===== Exercise input

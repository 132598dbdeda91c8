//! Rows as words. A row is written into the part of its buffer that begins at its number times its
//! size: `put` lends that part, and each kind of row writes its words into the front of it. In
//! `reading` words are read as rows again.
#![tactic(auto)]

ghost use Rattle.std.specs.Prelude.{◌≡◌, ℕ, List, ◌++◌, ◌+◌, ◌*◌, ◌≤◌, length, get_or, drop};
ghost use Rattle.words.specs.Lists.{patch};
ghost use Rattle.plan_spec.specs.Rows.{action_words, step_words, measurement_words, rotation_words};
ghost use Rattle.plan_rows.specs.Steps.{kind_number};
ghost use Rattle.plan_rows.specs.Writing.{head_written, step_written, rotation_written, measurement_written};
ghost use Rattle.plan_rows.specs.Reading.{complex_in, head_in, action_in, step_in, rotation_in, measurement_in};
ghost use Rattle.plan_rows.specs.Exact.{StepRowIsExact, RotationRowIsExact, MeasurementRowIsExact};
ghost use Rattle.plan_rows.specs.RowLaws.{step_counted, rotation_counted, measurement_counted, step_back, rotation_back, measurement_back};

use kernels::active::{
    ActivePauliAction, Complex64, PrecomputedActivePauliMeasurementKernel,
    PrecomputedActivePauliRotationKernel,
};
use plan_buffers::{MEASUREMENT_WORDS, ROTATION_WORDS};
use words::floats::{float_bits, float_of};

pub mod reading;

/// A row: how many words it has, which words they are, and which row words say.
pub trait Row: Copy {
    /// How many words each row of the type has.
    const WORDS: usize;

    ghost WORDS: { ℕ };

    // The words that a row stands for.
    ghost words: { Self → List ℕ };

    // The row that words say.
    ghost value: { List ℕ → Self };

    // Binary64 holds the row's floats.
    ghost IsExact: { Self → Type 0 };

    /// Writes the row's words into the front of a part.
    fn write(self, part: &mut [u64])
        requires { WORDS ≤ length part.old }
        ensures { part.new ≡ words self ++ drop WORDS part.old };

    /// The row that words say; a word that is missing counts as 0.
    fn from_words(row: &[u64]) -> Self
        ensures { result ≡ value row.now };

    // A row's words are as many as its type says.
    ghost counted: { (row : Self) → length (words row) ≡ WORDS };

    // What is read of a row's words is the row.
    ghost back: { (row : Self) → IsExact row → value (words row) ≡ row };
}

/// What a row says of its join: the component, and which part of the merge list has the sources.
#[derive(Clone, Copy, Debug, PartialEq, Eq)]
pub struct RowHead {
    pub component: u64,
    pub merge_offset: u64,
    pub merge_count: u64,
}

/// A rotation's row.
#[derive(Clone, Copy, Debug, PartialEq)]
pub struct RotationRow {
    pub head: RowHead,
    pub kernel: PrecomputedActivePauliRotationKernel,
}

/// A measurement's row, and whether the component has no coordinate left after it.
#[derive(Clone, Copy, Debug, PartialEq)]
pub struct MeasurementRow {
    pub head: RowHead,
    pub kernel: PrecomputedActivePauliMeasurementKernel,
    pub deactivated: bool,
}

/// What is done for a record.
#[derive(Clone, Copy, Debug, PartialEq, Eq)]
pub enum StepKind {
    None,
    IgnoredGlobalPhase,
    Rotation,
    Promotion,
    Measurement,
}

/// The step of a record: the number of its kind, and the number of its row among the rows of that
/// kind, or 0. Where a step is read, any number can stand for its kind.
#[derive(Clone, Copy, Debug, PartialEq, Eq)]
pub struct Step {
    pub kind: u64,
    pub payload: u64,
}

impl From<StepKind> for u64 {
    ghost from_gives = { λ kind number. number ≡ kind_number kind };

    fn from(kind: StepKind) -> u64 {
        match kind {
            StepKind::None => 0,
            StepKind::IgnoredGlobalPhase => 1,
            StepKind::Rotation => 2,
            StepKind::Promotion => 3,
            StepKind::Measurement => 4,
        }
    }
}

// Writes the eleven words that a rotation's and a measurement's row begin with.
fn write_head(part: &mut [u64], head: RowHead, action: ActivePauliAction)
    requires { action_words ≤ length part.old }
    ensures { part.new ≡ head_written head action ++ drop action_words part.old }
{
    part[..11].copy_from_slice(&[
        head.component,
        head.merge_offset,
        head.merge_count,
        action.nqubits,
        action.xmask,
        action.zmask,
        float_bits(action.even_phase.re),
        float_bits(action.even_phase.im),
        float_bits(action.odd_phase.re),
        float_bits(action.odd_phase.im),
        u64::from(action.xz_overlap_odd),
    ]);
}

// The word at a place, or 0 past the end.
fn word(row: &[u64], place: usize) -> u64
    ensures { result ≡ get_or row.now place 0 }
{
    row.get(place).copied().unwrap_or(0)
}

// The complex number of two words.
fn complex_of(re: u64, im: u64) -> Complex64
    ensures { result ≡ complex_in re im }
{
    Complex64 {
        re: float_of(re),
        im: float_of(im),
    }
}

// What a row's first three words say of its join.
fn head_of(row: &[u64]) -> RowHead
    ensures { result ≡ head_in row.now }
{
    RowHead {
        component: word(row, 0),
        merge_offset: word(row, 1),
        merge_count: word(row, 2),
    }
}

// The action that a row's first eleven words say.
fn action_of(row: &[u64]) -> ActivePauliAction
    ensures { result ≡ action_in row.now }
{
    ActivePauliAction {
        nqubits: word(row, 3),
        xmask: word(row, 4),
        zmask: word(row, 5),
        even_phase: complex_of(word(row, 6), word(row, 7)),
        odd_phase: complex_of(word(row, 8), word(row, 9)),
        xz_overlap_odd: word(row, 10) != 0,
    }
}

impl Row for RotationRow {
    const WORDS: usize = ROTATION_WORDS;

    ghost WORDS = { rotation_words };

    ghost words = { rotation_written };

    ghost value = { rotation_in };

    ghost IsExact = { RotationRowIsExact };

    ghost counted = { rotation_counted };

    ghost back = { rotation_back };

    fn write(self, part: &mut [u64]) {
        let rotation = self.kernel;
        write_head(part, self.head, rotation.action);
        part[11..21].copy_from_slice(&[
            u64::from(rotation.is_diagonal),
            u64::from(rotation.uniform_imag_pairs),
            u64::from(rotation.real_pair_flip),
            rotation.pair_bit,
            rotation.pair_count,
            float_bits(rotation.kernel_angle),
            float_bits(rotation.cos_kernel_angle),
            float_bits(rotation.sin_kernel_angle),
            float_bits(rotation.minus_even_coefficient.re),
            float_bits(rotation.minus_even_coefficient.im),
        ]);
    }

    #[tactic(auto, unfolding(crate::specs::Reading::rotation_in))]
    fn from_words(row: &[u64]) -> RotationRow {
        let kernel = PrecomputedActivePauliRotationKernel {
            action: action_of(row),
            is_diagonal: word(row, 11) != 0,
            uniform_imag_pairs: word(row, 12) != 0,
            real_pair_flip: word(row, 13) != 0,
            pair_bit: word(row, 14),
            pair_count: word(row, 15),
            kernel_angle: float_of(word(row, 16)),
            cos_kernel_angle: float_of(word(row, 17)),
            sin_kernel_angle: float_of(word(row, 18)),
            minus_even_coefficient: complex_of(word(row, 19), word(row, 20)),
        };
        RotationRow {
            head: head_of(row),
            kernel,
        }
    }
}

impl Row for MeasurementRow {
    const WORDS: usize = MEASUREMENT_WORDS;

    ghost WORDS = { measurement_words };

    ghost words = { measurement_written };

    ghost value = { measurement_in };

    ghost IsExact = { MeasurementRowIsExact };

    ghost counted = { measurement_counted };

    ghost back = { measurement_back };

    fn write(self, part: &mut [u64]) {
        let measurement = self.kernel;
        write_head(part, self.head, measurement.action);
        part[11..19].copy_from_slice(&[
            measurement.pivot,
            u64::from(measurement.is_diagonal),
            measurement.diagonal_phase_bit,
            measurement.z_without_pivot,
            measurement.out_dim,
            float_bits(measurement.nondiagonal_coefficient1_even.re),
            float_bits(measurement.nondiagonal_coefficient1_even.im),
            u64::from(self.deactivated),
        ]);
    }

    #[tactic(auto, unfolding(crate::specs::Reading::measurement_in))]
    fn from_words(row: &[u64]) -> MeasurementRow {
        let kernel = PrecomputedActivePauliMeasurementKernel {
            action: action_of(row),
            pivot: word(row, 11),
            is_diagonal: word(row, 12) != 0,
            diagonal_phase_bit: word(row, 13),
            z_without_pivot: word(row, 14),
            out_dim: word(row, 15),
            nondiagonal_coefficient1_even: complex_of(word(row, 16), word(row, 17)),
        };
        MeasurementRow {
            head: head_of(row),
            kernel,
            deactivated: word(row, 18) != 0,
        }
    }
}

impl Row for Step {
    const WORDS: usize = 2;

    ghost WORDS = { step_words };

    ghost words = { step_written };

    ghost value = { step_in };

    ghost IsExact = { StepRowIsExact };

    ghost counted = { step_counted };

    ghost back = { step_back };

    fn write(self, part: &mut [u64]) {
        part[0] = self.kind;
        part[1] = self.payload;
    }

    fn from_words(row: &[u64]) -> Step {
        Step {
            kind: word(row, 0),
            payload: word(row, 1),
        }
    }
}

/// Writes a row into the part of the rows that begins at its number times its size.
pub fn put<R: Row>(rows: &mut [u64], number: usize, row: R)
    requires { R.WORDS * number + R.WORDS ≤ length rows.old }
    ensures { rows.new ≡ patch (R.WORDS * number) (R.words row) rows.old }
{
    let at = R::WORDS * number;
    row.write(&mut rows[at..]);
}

==========

* **How to complete this task**
If a line above includes the string "What", pick it out.

* **Solution to this problem**
    // What is read of a row's words is the row.
/// What a row says of its join: the component, and which part of the merge list has the sources.
/// What is done for a record.
// What a row's first three words say of its join.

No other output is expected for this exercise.